Collected data:
################

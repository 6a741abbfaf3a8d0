//! Plans of a board that was never set up: a bridge with a device behind it, and a device beside it.
use crate::c_texts::{Pair, whole};
use pciplan_c::calls::pciplan_plan;
use pciplan_c::ending::HeldBack;
use pciplan_c::inputs::Inputs;
use pciplan_c::planning::plan_into;
use pciplan_c::pools::PoolsOfC;
use pciplan_c::register_write::RegisterWrite;
use std::alloc::{AllocError, Global};
use std::test::Fail;
use test_support::refusing::Refusing;

const BARE_DUMP: &str = "00:01.0
00: 34 12 78 56 00 00 00 00 00 00 00 00 00 00 01 00
10: 00 00 00 00 00 00 00 00 00 01 01 00 00 00 00 00

00:02.0
00: 34 12 78 56 00 00 00 00 00 00 00 00 00 00 00 00

01:00.0
00: 34 12 78 56 00 00 00 00 00 00 00 00 00 00 00 00";

const BARE_PROBE: &str = "00:01.0
20: f0 ff f0 ff 00 00 00 00 00 00 00 00 00 00 00 00

00:02.0
10: 00 00 f0 ff 00 00 00 00 00 00 00 00 00 00 00 00

01:00.0
10: 00 00 f0 ff 00 f0 ff ff 00 00 00 00 00 00 00 00";

/// The texts of the board.
fn bare_pair(alloc: Global) -> Result<Pair, AllocError> {
    Ok(Pair {
        dump: whole(alloc, BARE_DUMP)?,
        probe: whole(alloc, BARE_PROBE)?,
    })
}

/// Pools of which that of memory ends at an address.
fn pools_to(mem_last: u64) -> PoolsOfC {
    PoolsOfC {
        io_first: 0x1000,
        io_last: 0xffff,
        mem_first: 0xe000_0000,
        mem_last,
        pref_first: 0x1_0000_0000,
        pref_last: 0x1_ffff_ffff,
    }
}

/// A write of two or four bytes.
fn write(bus: u8, device: u8, offset: u8, width: u8, value: u32) -> RegisterWrite {
    RegisterWrite {
        bus,
        device,
        function: 0,
        offset,
        width,
        value,
    }
}

/// The writes of the plan.
fn writes() -> [RegisterWrite; 7] {
    [
        write(0, 1, 0x20, 4, 0xe010_e000),
        write(0, 2, 0x10, 4, 0xe020_0000),
        write(1, 0, 0x10, 4, 0xe000_0000),
        write(1, 0, 0x14, 4, 0xe010_0000),
        write(0, 1, 0x04, 2, 0x0002),
        write(0, 2, 0x04, 2, 0x0002),
        write(1, 0, 0x04, 2, 0x0002),
    ]
}

/// A write that is none.
pub const NONE: RegisterWrite = RegisterWrite {
    bus: 0xa5,
    device: 0xa5,
    function: 0xa5,
    offset: 0xa5,
    width: 0xa5,
    value: 0xa5,
};

/// A call: roots, the last address of memory, room for writes and bytes; the status, the counts of writes and bytes, and
/// what is put into the line.
type Call<'a> = (&'a [u8], u64, usize, usize, u8, usize, usize, &'a str);

/// Whether a call answers this status and these counts, and puts exactly the plan's writes and this line.
fn is_as_said(alloc: Global, texts: &Pair, call: &Call) -> bool {
    let (roots, mem_last, few, bytes, status, count, used, text) = *call;
    let mut put = [NONE; 8];
    let mut line = [b'.'; 20];
    let (mut writes_used, mut safe_from, mut line_used) = (99, 99, 99);
    if put.len() < few || line.len() < bytes {
        return false;
    }
    let answered = pciplan_plan(
        alloc,
        texts.dump.as_bytes(),
        texts.probe.as_bytes(),
        roots,
        &pools_to(mem_last),
        &mut put[..few],
        &mut writes_used,
        &mut safe_from,
        &mut line[..bytes],
        &mut line_used,
    );
    let planned = writes();
    let made = if status == 0 { 7 } else { 0 };
    answered == status
        && writes_used == count
        && safe_from == (if status == 0 { 0 } else { 99 })
        && line_used == used
        && put[..made] == planned[..made]
        && put[made..].iter().all(|write| *write == NONE)
        && text.len() <= 20
        && line[..text.len()] == text.as_bytes()[..text.len()]
        && line[text.len()..].iter().all(|byte| *byte == b'.')
}

#[test]
fn a_plan_is_put_as_a_whole_or_not_at_all(rt: HostRuntime) -> Result<(), Fail> {
    let texts = bare_pair(rt.alloc())?;
    let no_room = "no 72 NoRoom mem\n";
    let cases: [Call; 6] = [
        (&[0], 0xe02f_ffff, 8, 20, 0, 7, 0, ""),
        (&[0], 0xe02f_ffff, 7, 0, 0, 7, 0, ""),
        (&[0], 0xe02f_ffff, 6, 20, 4, 7, 0, ""),
        (&[0], 0xe01f_ffff, 8, 20, 1, 0, 17, no_room),
        (&[0], 0xe01f_ffff, 8, 16, 4, 0, 17, ""),
        (&[], 0xe02f_ffff, 8, 20, 2, 0, 4, "root"),
    ];
    for call in cases {
        assert!(rt; is_as_said(rt.alloc(), &texts, &call), "{call:?}");
    }
    Ok(())
}

/// More growths than a call here asks for.
pub const MANY: u64 = 1000;

#[test]
fn a_plan_that_is_refused_a_growth_says_just_that(rt: HostRuntime) -> Result<(), Fail> {
    let texts = bare_pair(rt.alloc())?;
    let inputs = Inputs {
        dump: texts.dump.as_bytes(),
        probe: texts.probe.as_bytes(),
        roots: &[0],
    };
    let heap = Refusing::new(rt.alloc());
    for mem_last in [0xe02f_ffff, 0xe01f_ffff] {
        for n in 1..MANY {
            heap.refuse(n);
            let mut put = [NONE; 8];
            let mut line = [b'.'; 20];
            let pools = pools_to(mem_last);
            let answered = plan_into(&heap, &inputs, &pools, &mut put, &mut line);
            if heap.is_due() {
                assert!(rt; 1 < n && answered.is_ok());
                break;
            }
            assert!(rt; answered == Err(HeldBack::Memory));
            assert!(rt; put == [NONE; 8] && line == [b'.'; 20]);
        }
    }
    Ok(())
}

################

**WORK ITEM**:
Reproduce exactly the entries above, limited to the lines from the one with "for mem_last in" through the one with "let pools = pools_to(mem_last);", both included.

**YOUR SOLUTION**:
    for mem_last in [0xe02f_ffff, 0xe01f_ffff] {
        for n in 1..MANY {
            heap.refuse(n);
            let mut put = [NONE; 8];
            let mut line = [b'.'; 20];
            let pools = pools_to(mem_last);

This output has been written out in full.